“why weren’t most hospitals bankrupt before 1965”
They were a lot smaller and cheaper to run.
Hospital employees were generally poorly paid back then, closer to the minimum wage.
I read about a nurse making $180,000/year in San Francisco in article about California housing prices yesterday.
A comparable nurse might have made $3,200/year in 1965.
Why do you think that was?
Hospital employees were generally poorly paid back then
I doubt it. Inflation was much lower then.
The point is, we didn't have a healthcare crisis before 1965. Government CREATED the crisis, and now their spokesmen, - I hope you're not one of them - decry the effects of dismantling government interference with healthcare which problems government caused. Government's answer for their failure is ALWAYS more government.

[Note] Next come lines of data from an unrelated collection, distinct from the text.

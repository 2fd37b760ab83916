//! How a command ended, and what it recorded.
ghost use Rattle.std.specs.Prelude.{◌≡◌, []};

use crate::conclusion::Conclusion;
use bp_log::Records;
use std::alloc::Global;

/// How a command ended, and what was recorded of the run that it made.
#[derive(Drop)]
pub(crate) struct Ended {
    /// How it ended.
    pub(crate) conclusion: Conclusion,
    /// All that was recorded of its run, in order.
    pub(crate) records: Records,
}

impl Ended {
    /// It ended so, and no run was made.
    pub(crate) fn without_run(alloc: Global, conclusion: Conclusion) -> Ended
        ensures conclusion { result.conclusion ≡ conclusion }
        ensures records { result.records ≡ [] }
    {
        Ended {
            conclusion,
            records: Records::new(Vec::new(alloc)),
        }
    }
}
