//! Inputs and logs, opened and closed again.
ghost use Rattle.std.specs.Prelude.{◌≡◌, ◌≤◌, ◌<◌, ℕ, length, take, Option, Some, IfOk, IfSome, OnOk, OnErr, IsErrOf, option_to_list, slice_index_or};
ghost use Rattle.bp_base.specs.Counts.{Rose};
ghost use Rattle.bp_cli.specs.Asking.{WasAsked};
ghost use Rattle.bp_cli.specs.inner.Opening.{AreOpened, IsLogMade, IsLogNamed, IsLogHeld};

use bp_base::{World, WorldError};
use js_data::Text;
use std::alloc::Global;

/// Closes the inputs.
pub(crate) fn close_inputs<W: World>(world: &mut W, inputs: Vec<W::Input>)
    ensures risen { (k : ℕ) (d : W.Input) → k < length inputs.items →
        0 < W.Input.faults (slice_index_or inputs.items k d) →
        Rose (W.read_faults world.old) (W.read_faults world.new) }
    ensures counts { W.read_faults world.old ≤ W.read_faults world.new }
    ensures asked { W.asked world.new ≡ W.asked world.old }
    ensures holds { W.holds world.new ≡ W.holds world.old }
    ensures writes { W.write_faults world.new ≡ W.write_faults world.old }
{
    for input in inputs {
        world.close_input(input);
    }
}

/// Opens the inputs of these names, in order. If one is not opened, those before it are closed.
pub(crate) fn open_inputs<W: World>(
    alloc: Global,
    world: &mut W,
    names: &[Text],
) -> Result<Vec<W::Input>, WorldError>
    ensures opened { IfOk result (λ v. AreOpened W.Input.left W.Input.faults (W.holds world.old)
        names.now v.items) }
    ensures cause { IsErrOf result WorldError.Failed
        → Rose (W.read_faults world.old) (W.read_faults world.new) }
    ensures asked { OnOk result (WasAsked (W.asked world.old) names.now (W.asked world.new)) }
    ensures asked_some { OnErr result
        ((n : ℕ) × WasAsked (W.asked world.old) (take n names.now) (W.asked world.new)) }
    ensures holds { W.holds world.new ≡ W.holds world.old }
    ensures counts { W.read_faults world.old ≤ W.read_faults world.new }
    ensures writes { W.write_faults world.new ≡ W.write_faults world.old }
{
    let mut inputs = Vec::with_capacity(alloc, names.len())?;
    for name in names {
        match world.open(name.as_str()) {
            Ok(input) => {
                let Ok(()) = inputs.push(input) else {
                    unreachable!()
                };
            }
            Err(error) => {
                close_inputs(world, inputs);
                return Err(error);
            }
        }
    }
    Ok(inputs)
}

/// Makes the log of this name, if one is to be kept.
pub(crate) fn create_log<W: World>(
    world: &mut W,
    name: &Option<Text>,
) -> Result<Option<W::Output>, WorldError>
    ensures made { IfOk result (λ log. IsLogMade W.Output.written W.Output.made_as W.Output.faults
        (W.holds world.old) name.now log) }
    ensures cause { IsErrOf result WorldError.Failed
        → Rose (W.write_faults world.old) (W.write_faults world.new) }
    ensures asked { OnOk result
        (WasAsked (W.asked world.old) (option_to_list name.now) (W.asked world.new)) }
    ensures asked_failed { IsErrOf result WorldError.Failed
        → WasAsked (W.asked world.old) (option_to_list name.now) (W.asked world.new) }
    ensures asked_nothing { IsErrOf result WorldError.Memory
        → W.asked world.new ≡ W.asked world.old }
    ensures holds { W.holds world.new ≡ W.holds world.old }
    ensures counts { W.write_faults world.old ≤ W.write_faults world.new }
    ensures reads { W.read_faults world.new ≡ W.read_faults world.old }
{
    match name {
        None => Ok(None),
        Some(name) => match world.create(name.as_str()) {
            Ok(output) => Ok(Some(output)),
            Err(error) => Err(error),
        },
    }
}

/// Closes the log under its name, if one is kept.
pub(crate) fn close_log<W: World>(world: &mut W, name: &Option<Text>, log: Option<W::Output>)
    requires { IsLogNamed W.Output.made_as name.now log }
    ensures held { IsLogHeld W.Output.written (W.holds world.old) name.now log (W.holds world.new) }
    ensures risen { IfSome log (λ l. 0 < W.Output.faults l →
        Rose (W.write_faults world.old) (W.write_faults world.new)) }
    ensures counts { W.write_faults world.old ≤ W.write_faults world.new }
    ensures asked { W.asked world.new ≡ W.asked world.old }
    ensures reads { W.read_faults world.new ≡ W.read_faults world.old }
{
    match (name, log) {
        (Some(name), Some(log)) => world.close_output(name.as_str(), log),
        (Some(_), None) => unreachable!(),
        (None, Some(_)) => unreachable!(),
        (None, None) => {}
    }
}
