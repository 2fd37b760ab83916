//! Runs that words ask for.
ghost use Rattle.std.specs.Prelude.{◌≡◌, ◌≤◌, vec_len};
ghost use Rattle.bp_log.specs.declared.limits.TheConstants.{MOST_BYTES};
ghost use Rattle.bp_script.specs.Programs.{IsProgram};
ghost use Rattle.bp_args.specs.declared.command.Command.TheVariants as command;
ghost use Rattle.bp_cli.specs.Endings.{IsCaused};
ghost use Rattle.bp_cli.specs.inner.Opening.{IsCounted, AreOpened, IsLogMade};
ghost use Rattle.bp_cli.specs.Outside.{Outside, outside, IsAsBefore, NeverFalls};
ghost use Rattle.bp_cli.specs.Runs.{IsRunOf};

use crate::conclusion::Conclusion;
use crate::ended::Ended;
use crate::opening::{close_inputs, close_log};
use bp_args::Run;
use bp_base::{Sink, World};
use bp_loading::Loaded;
use bp_log::Header;
use bp_records::{header_keeps, records_keep};
use bp_session::{Report, Session};
use std::alloc::Global;
use std::sync::Wait;
use std::thread::Threads;
use std::time::Clock;

/// Runs the program with these inputs and this log, closes them, and says how the run ended.
pub(crate) fn run_opened<R: Threads + Wait + Sync + Clock, W: World, K: Sink>(
    rt: &R,
    alloc: Global,
    asked: &Run,
    loaded: Loaded,
    inputs: Vec<W::Input>,
    mut log: Option<W::Output>,
    world: &mut W,
    out: &mut K,
) -> Ended
    requires program { IsProgram loaded.bytes.items loaded.program }
    requires within { vec_len loaded.bytes ≤ MOST_BYTES }
    requires counted { IsCounted (command.Run asked.now) }
    requires opened { AreOpened W.Input.left W.Input.faults (W.holds world.old) asked.now.injectors
        inputs.items }
    requires made { IsLogMade W.Output.written W.Output.made_as W.Output.faults (W.holds world.old)
        asked.now.log log }
    ensures ran { let seen = outside W.holds W.asked W.read_faults W.write_faults
        K.written K.faults in (before : Outside) → IsAsBefore before (seen world.old out.old) →
        IsRunOf asked.now loaded.bytes.items result.records before (seen world.new out.new)
        result.conclusion }
    ensures caused { let seen = outside W.holds W.asked W.read_faults W.write_faults
        K.written K.faults in
        IsCaused (seen world.old out.old) (seen world.new out.new) result.conclusion }
    ensures asked { W.asked world.new ≡ W.asked world.old }
    ensures counts { let seen = outside W.holds W.asked W.read_faults W.write_faults
        K.written K.faults in NeverFalls (seen world.old out.old) (seen world.new out.new) }
{
    let Loaded { program, bytes } = loaded;
    let Some(header) = Header::new(asked.options, bytes) else {
        unreachable!()
    };
    // For the proof: what the header keeps.
    header_keeps(&header);
    let parallelism = asked.parallelism;
    let (report, back) = Session::run(
        rt,
        alloc,
        program,
        &header,
        parallelism,
        inputs,
        out,
        &mut log,
    );
    let Report { end, records } = report;
    // For the proof: what the records keep.
    records_keep(&records);
    close_inputs(world, back);
    close_log(world, &asked.log, log);
    Ended {
        conclusion: Conclusion::of(end),
        records,
    }
}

And that is just the economic argument. The legal argument is much more straightforward and understandable: federal government interference in healthcare is unconstitutional. Nowhere does the Constitution give the feds authority to interfere with healthcare. So federal interference with healthcare is tyranny, defined as unconstitutional federal acts.
For economic and constitutional reasons, the feds need to get OUT of healthcare and let the marketplace run the show as it did before 1965 and America had the best healthcare in the world. As in other things so in healthcare, America is not about poverty-stricken, failed governmental socialist tyranny, it is about freedom which leads to wealth and prosperity.